Folglich legte René um halb acht Uhr seine Kleidung
vom Vortag, die über Nacht getrocknet war, wieder an; der Kleidung
sah man den langen Weg an, den René gekommen war, und sie eignete
sich besser für ein Vorsprechen bei Surcouf als ein ungetragenes
Gewand frisch aus der Schneiderwerkstatt.
Um acht Uhr erreichte er die Rue Porcon de la
Barbinais, gelangte dann über die Rue de la Boucherie zur Rue de
Dinan, an deren Ende unterhalb der Befestigungen und gegenüber dem
Stadttor Surcoufs Haus lag, ein großes Gebäude mit Hof und
Garten.
Ein Dutzend Seeleute, die sich zeitiger eingefunden
hatten als René, wartete im Vorraum; sie wurden einer nach dem
anderen in den Nebenraum
vorgelassen, und damit es keine Rangeleien gab, hatte ein Matrose
neben der Tür des Vorraums Nummern ausgegeben, mit denen die
Reihenfolge geregelt wurde.
René bekam eine Nummer und wartete zusammen mit
sechs verbliebenen Seemännern; um sich die Zeit zu vertreiben,
betrachtete er die Trophäen und Waffen aus aller Herren Länder an
den Wänden.
In einem schwarzen Pantherfell aus Java steckten
vergiftete malaiische Dolche, Kris geheißen, Pfeile, die in die
tödlichsten Gifte getaucht worden waren, und Säbel, mit denen die
Haut des Opfers nur geritzt werden muss, um eine tödliche Wunde zu
erzielen.
Das Fell eines Löwen aus dem Atlasgebirge trug eine
Reihe von Candjiar-Dolchen aus Tunis, von Flissah-Säbeln aus
Algier, von Pistolen mit verzierten silbernen Griffen und von
halbmondförmig gebogenen Damasszenerklingen.

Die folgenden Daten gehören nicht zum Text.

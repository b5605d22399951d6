//! Struct literals, and structs with other fields.
ghost use Rattle.std.specs.Prelude.{◌≡◌, [], None, map, option_map, IfOk, OnOk};
ghost use Rattle.sail_types.specs.Named.{fields as fields_of};
ghost use Rattle.shape_rules.specs.Around.{setting_of};
ghost use Rattle.shape_rules.specs.Findings.{first_failure};
ghost use Rattle.shape_rules.specs.Values as spec;
ghost use Rattle.shape_calls.specs.Made.{made_of};
ghost use Rattle.shape_forms.specs.Structs as form;
ghost use Rattle.shape_forms.specs.Structs.{named_of};
ghost use Rattle.shape_walks.specs.Trees.{field_value};
ghost use Rattle.shape_walks.specs.Walks.{begun};
ghost use Rattle.shape_walks.specs.declared.walks.Plan.TheVariants as P;

use sail_base::{Items, Place};
use sail_core::Kind;
use sail_syntax::{FieldValue, Name};
use sail_types::{Shape, Types, copy_shapes, shape_of};
use shape_calls::{
    Made, field_count, field_in, named_place, note_base, over, settled, small_place,
    variables_of_type,
};
use shape_joins::holes;
use shape_rules::{Around, First, ShapeError};
use shape_walks::{Plan, Walk, known_shapes};
use std::alloc::{AllocError, Global};

/// Fields of a struct, as they are written.
#[derive(Drop)]
struct FoundFields {
    /// Their places in the struct.
    places: Items<u32>,
    /// Their shapes, over the struct's variables.
    shapes: Items<Shape>,
}

/// The fields of these names of the struct at a place in the table; none where it lacks one. The one error is want of memory.
#[tactic(auto, using(crate::proofs::FieldNames::named_more, crate::proofs::FieldNames::named_all, crate::proofs::FieldNames::field_name))]
fn fields_named(
    alloc: Global,
    types: &Types,
    place: u32,
    fields: &[FieldValue],
) -> Result<Option<FoundFields>, AllocError>
    ensures { IfOk result (λ found. option_map named_of found ≡ spec.fields_named (map field_value fields.now) (fields_of types.now place)) }
{
    let mut places = Items::new(alloc);
    let mut shapes = Items::new(alloc);
    for field in fields {
        match field_in(types, place, field.name.text.as_str())? {
            Some(found) => {
                places.push(found.place)?;
                shapes.push(shape_of(alloc, found.typ)?)?;
            }
            None => return Ok(None),
        }
    }
    Ok(Some(FoundFields { places, shapes }))
}

/// Whether the struct at a place in the table has just these fields. The one error is want of memory.
fn has_just(
    alloc: Global,
    types: &Types,
    place: u32,
    fields: &[FieldValue],
) -> Result<bool, AllocError>
    ensures { IfOk result (λ made. made ≡ spec.has_just (map field_value fields.now) (fields_of types.now place)) }
{
    match types.fields(place) {
        Some(known) => {
            let is_whole = known.len() == fields.len();
            let found = fields_named(alloc, types, place, fields)?;
            Ok(found.is_some() && is_whole)
        }
        None => Ok(false),
    }
}

/// The structs that have just these fields, by their places in the table. The one error is want of memory.
fn structs_with(
    alloc: Global,
    around: &Around<'_>,
    fields: &[FieldValue],
) -> Result<Items<u32>, AllocError>
    ensures { IfOk result (λ places. places
        ≡ spec.structs_from (setting_of around.now) (map field_value fields.now) 0 (setting_of around.now).types.definitions) }
{
    let mut places = Items::new(alloc);
    let mut place = 0;
    for definition in around.types.definitions.as_slice() {
        let at = small_place(place)?;
        if has_just(alloc, around.types, at, fields)? {
            places.push(at)?;
        }
        place += 1;
    }
    Ok(places)
}

/// The one of some places; none where there are others.
#[tactic(auto, using(crate::proofs::FieldNames::one_place, crate::proofs::FieldNames::other_count))]
fn only_one(places: &[u32]) -> Option<u32>
    ensures { result ≡ spec.only_one places.now }
{
    if places.len() == 1 {
        places.get(0).copied()
    } else {
        None
    }
}

/// The struct of a literal: that of its name, or without one the one struct that has just its fields. The one error is want of memory.
fn struct_place(
    alloc: Global,
    around: &Around<'_>,
    name: &Option<Name>,
    fields: &[FieldValue],
) -> Result<Option<u32>, AllocError>
    ensures { IfOk result (λ place. place ≡ spec.struct_place (setting_of around.now) name.now (map field_value fields.now)) }
{
    match name {
        Some(name) => Ok(around.struct_named(name.text.as_str())),
        None => Ok(only_one(structs_with(alloc, around, fields)?.as_slice())),
    }
}

/// What a struct literal is to be: its struct's place in the table, the places of its fields, and what is wanted of their values.
#[derive(Drop)]
pub struct StructPlan {
    /// The struct's place in the table.
    pub at: u32,
    /// The places of the fields.
    pub places: Items<u32>,
    /// What is wanted of their values.
    pub walk: Walk,
}

/// Fields of a struct, by their places.
#[derive(Drop)]
pub struct WithFields {
    /// The struct's place in the table.
    pub at: u32,
    /// The places of the fields.
    pub places: Items<u32>,
}

/// What a struct with other fields is to be.
#[derive(Drop)]
pub struct WithPlan {
    /// The fields; none, where the base is no struct that has them.
    pub fields: Option<WithFields>,
    /// What is wanted of their values.
    pub walk: Walk,
}

/// What a struct literal is to be; none, where it fails, which is noted. The one error is want of memory.
pub fn plan_struct(
    alloc: Global,
    place: Place,
    around: &Around<'_>,
    name: &Option<Name>,
    fields: &[FieldValue],
    first: &mut First,
) -> Result<Option<StructPlan>, AllocError>
    ensures plan { IfOk result (λ made. made ≡ form.struct_plan_of (setting_of around.now) name.now (map field_value fields.now)) }
    ensures failures { OnOk result (first.new.error
        ≡ first_failure first.old.error (form.struct_faults place (setting_of around.now) name.now (map field_value fields.now))) }
{
    match struct_place(alloc, around, name, fields)? {
        Some(at) => {
            let made = plan_struct_at(alloc, around, at, fields)?;
            note_count(
                place,
                field_count(around.types, at),
                fields.len(),
                &made,
                first,
            );
            Ok(made)
        }
        None => {
            let mismatch = None;
            first.note(ShapeError::IllShaped { place, mismatch });
            Ok(None)
        }
    }
}

/// What a literal of the struct at this place in the table is to be; none, where it hasn't just these fields.
fn plan_struct_at(
    alloc: Global,
    around: &Around<'_>,
    at: u32,
    fields: &[FieldValue],
) -> Result<Option<StructPlan>, AllocError>
    ensures { IfOk result (λ made. made ≡ form.struct_plan_at (setting_of around.now) (map field_value fields.now) at) }
{
    match fields_named(alloc, around.types, at, fields)? {
        Some(FoundFields { places, shapes }) => {
            if field_count(around.types, at) == fields.len() {
                let known = holes(alloc, variables_of_type(around, at))?;
                let walk = Walk::new(alloc, Plan::Params(shapes, known));
                Ok(Some(StructPlan { at, places, walk }))
            } else {
                Ok(None)
            }
        }
        None => Ok(None),
    }
}

/// Notes that a literal has other fields than its struct.
fn note_count(
    place: Place,
    wanted: usize,
    found: usize,
    made: &Option<StructPlan>,
    first: &mut First,
)
    ensures { first.new.error ≡ first_failure first.old.error (form.count_faults place wanted found made.now) }
{
    if made.is_none() {
        first.note(ShapeError::Arity {
            place,
            wanted,
            found,
        });
    }
}

/// A struct literal of field values that were found. The one error is want of memory.
#[tactic(auto, unfolding(crate::specs::Structs::struct_made))]
pub fn finish_struct(
    alloc: Global,
    place: Place,
    at: u32,
    places: Items<u32>,
    walk: Walk,
    want: &Shape,
    first: &mut First,
) -> Result<Made, AllocError>
    ensures made { IfOk result (λ made. made ≡ made_of (form.struct_made place want.now at places walk)) }
    ensures failures { OnOk result (first.new.error ≡ first_failure first.old.error (form.struct_made place want.now at places walk).faults) }
{
    let Walk { plan, cores, .. } = walk;
    let known = known_shapes(alloc, plan);
    let core = over(place, Kind::Struct(at, places), cores);
    settled(alloc, place, want, Shape::Named(at, known), core, first)
}

/// What a struct with other fields is to be, whose base has this shape: a field's value is wanted as what is known of the struct's
/// variables by the base and by the values before it. The one error is want of memory.
fn with_of(
    alloc: Global,
    around: &Around<'_>,
    shape: &Shape,
    fields: &[FieldValue],
) -> Result<WithPlan, AllocError>
    ensures { IfOk result (λ made. made ≡ form.with_plan_of (setting_of around.now) (map field_value fields.now) shape.now) }
{
    let Some(named) = named_place(shape) else {
        return Ok(without(alloc));
    };
    let Some(FoundFields { places, shapes }) = fields_named(
        alloc,
        around.types,
        named.place,
        fields,
    )?
    else {
        return Ok(without(alloc));
    };
    let known = copy_shapes(alloc, named.arguments)?;
    let at = named.place;
    Ok(WithPlan {
        fields: Some(WithFields { at, places }),
        walk: Walk::new(alloc, Plan::Params(shapes, known)),
    })
}

/// What is wanted where a base is no struct that has the fields: nothing.
fn without(alloc: Global) -> WithPlan
    ensures { result ≡ record { fields = None; walk = begun (P.Each []) } }
{
    WithPlan {
        fields: None,
        walk: Walk::new(alloc, Plan::Each(Items::new(alloc))),
    }
}

/// What a struct with other fields is to be, whose base stands here and has this shape; notes a base that is no struct that has them.
/// The one error is want of memory.
pub fn plan_with(
    alloc: Global,
    at_base: Place,
    around: &Around<'_>,
    shape: &Shape,
    fields: &[FieldValue],
    first: &mut First,
) -> Result<WithPlan, AllocError>
    ensures plan { IfOk result (λ made. made ≡ form.with_plan_of (setting_of around.now) (map field_value fields.now) shape.now) }
    ensures failures { OnOk result (first.new.error ≡ first_failure first.old.error
        (form.with_faults at_base shape.now (form.with_plan_of (setting_of around.now) (map field_value fields.now) shape.now).fields)) }
{
    let made = with_of(alloc, around, shape, fields)?;
    if made.fields.is_none() {
        note_base(at_base, shape, &None, first);
    }
    Ok(made)
}

/// A struct with other fields, the values of which were found. The one error is want of memory.
#[tactic(auto, unfolding(crate::specs::Structs::with_made_of))]
pub fn finish_with(
    alloc: Global,
    place: Place,
    base: Made,
    fields: Option<WithFields>,
    walk: Walk,
    want: &Shape,
    first: &mut First,
) -> Result<Made, AllocError>
    ensures made { IfOk result (λ made. made ≡ made_of (form.with_made_of place want.now base fields walk)) }
    ensures failures { OnOk result (first.new.error ≡ first_failure first.old.error (form.with_made_of place want.now base fields walk).faults) }
{
    let Walk { plan, cores, .. } = walk;
    let mut parts = Items::new(alloc);
    base.into_shape(&mut parts)?;
    parts.append(cores)?;
    match fields {
        Some(WithFields { at, places }) => {
            let shape = Shape::Named(at, known_shapes(alloc, plan));
            let core = over(place, Kind::With(at, places), parts);
            settled(alloc, place, want, shape, core, first)
        }
        None => {
            let core = over(place, Kind::With(0, Items::new(alloc)), parts);
            settled(alloc, place, want, Shape::Never, core, first)
        }
    }
}
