//! What finishes a form of an expression that isn't over a list alone, once its parts are found, and what is wanted of the next part:
//! none of this looks at an expression inside another.
//!
//! `specs/Openness` has shapes that a later value could fill, `specs/Over` forms of one shape, `specs/Structs` struct literals,
//! `specs/Aims` targets, and `specs/Steps` cases and what statements leave in scope.
#![tactic(auto)]

mod asking;
mod binding;
mod openness;
mod over;
mod parts;
mod structs;
mod targets;

pub use asking::{copy_text, size, truth};
pub use binding::{
    counting, enter_counter, enter_pattern, enter_variable, note_answer, note_hole, note_typ,
    written_if, written_shape,
};
pub use over::settle_over;
pub use parts::{finish_update, led, led_index, push_step};
pub use structs::{
    StructPlan, WithFields, WithPlan, finish_struct, finish_with, plan_struct, plan_with,
};
pub use targets::{
    aim_callee, aim_member, note_inner, part_aimed, read_member, read_one, tuple_aimed,
};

Das Fell eines Präriebisons zeigte eine Sammlung
von Bogen, von Tomahawks, von Skalpiermessern und Gewehren mit
gezogenem Lauf.
Das Fell eines bengalischen Tigers präsentierte
Dolche mit vergoldeten Klingen und Jadegriffen, damaszierte Dolche
mit Elfenbein- und Karneolgriffen, Silberringe und silberne
Armreifen.
Die vier Erdteile fanden sich solchermaßen an den
vier Wänden dieses Wartezimmers durch ihre Waffen
dargestellt.
Während René diese Trophäen mit Interesse musterte
und den Blick zur Zimmerdecke hob, wo sich neben einem zwanzig Fuß
langen Kaiman eine mindestens doppelt so lange Boa schlängelte,
waren weitere Wartende vorgelassen worden, und zehn neue Kandidaten
hatten den Vorraum betreten und ihre Nummer erhalten.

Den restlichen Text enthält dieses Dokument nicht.